(The data Opens)

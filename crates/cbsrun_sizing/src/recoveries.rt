//! Within how many ticks a load makes up what one unit overran.

ghost use Rattle.std.specs.Prelude.{◌≡◌, IfSome};
ghost use Rattle.cbs_rate.specs.Plan.{IsPlan};
ghost use Rattle.cbsrun_sizing.specs.Recoveries.{greatest_overrun, free_within, recovery, IsMadeUpWithin};

use cbs_rate::Plan;
use cbsrun_loads::Load;
use cbsrun_simulate::SourceTerms;

/// Returns the most ticks that any unit of these sources may overrun.
fn greatest_overrun(sources: &[SourceTerms]) -> u64
    ensures { result ≡ greatest_overrun sources.now }
{
    let mut most = 0;
    for terms in sources {
        most = most.max(terms.overrun.greatest());
    }
    most
}

/// Returns the least time in which so many ticks are free, in ticks. Returns `None` if every tick is reserved.
fn free_within(plan: &Plan, ticks: u64) -> Option<u128>
    ensures value { result ≡ free_within plan.now.rates ticks }
    ensures lawful { IsPlan plan.now }
{
    let reserved = plan.bandwidth();
    let free = reserved.of.saturating_sub(reserved.ticks);
    if free == 0 {
        return None;
    }
    Some((u128::from(ticks) * u128::from(reserved.of)).div_ceil(u128::from(free)))
}

/// Returns within how many ticks a load makes up what one unit overran, as much as its units may overrun. From then on
/// no deadline is missed, if nothing else overruns: each that is so many ticks after the charge began, or more, is met.
/// What no server has reserved makes it up, so the number is the least time in which so many ticks are free.
///
/// Returns `None` if every tick is reserved: then it may never be made up.
pub fn recovery(load: &Load) -> Option<u128>
    ensures value { result ≡ recovery load.now }
    ensures made_up { IfSome result (IsMadeUpWithin load.now) }
{
    free_within(load.plan(), greatest_overrun(load.sources()))
}
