//! Common divisors.

ghost use Rattle.std.specs.Prelude.{ℕ, ◌*◌};
ghost use Rattle.std.specs.Int.{IsGcd, ◌∣◌};

/// Returns the greatest number that divides both, by Euclid's algorithm.
pub fn greatest_common_divisor(a: u128, b: u128) -> u128
    ensures greatest { IsGcd a b result }

    // What divides k times each number also divides k times the result.
    ensures scaled { (d k : ℕ) → d ∣ k * a → d ∣ k * b → d ∣ k * result }
{
    let mut divisor = a;
    let mut rest = b;
    while rest != 0 {
        let next = divisor % rest;
        divisor = rest;
        rest = next;
    }
    divisor
}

(The data Closes)

• **What needs to be done**
Transcribe the opening lines of the listing exactly, please. Stop after the line that contains "let reserved = plan.bandwidth();".

• **Written response**
filename crates/cbsrun_sizing/src/recoveries.rt
//! Within how many ticks a load makes up what one unit overran.

ghost use Rattle.std.specs.Prelude.{◌≡◌, IfSome};
ghost use Rattle.cbs_rate.specs.Plan.{IsPlan};
ghost use Rattle.cbsrun_sizing.specs.Recoveries.{greatest_overrun, free_within, recovery, IsMadeUpWithin};

use cbs_rate::Plan;
use cbsrun_loads::Load;
use cbsrun_simulate::SourceTerms;

/// Returns the most ticks that any unit of these sources may overrun.
fn greatest_overrun(sources: &[SourceTerms]) -> u64
    ensures { result ≡ greatest_overrun sources.now }
{
    let mut most = 0;
    for terms in sources {
        most = most.max(terms.overrun.greatest());
    }
    most
}

/// Returns the least time in which so many ticks are free, in ticks. Returns `None` if every tick is reserved.
fn free_within(plan: &Plan, ticks: u64) -> Option<u128>
    ensures value { result ≡ free_within plan.now.rates ticks }
    ensures lawful { IsPlan plan.now }
{
    let reserved = plan.bandwidth();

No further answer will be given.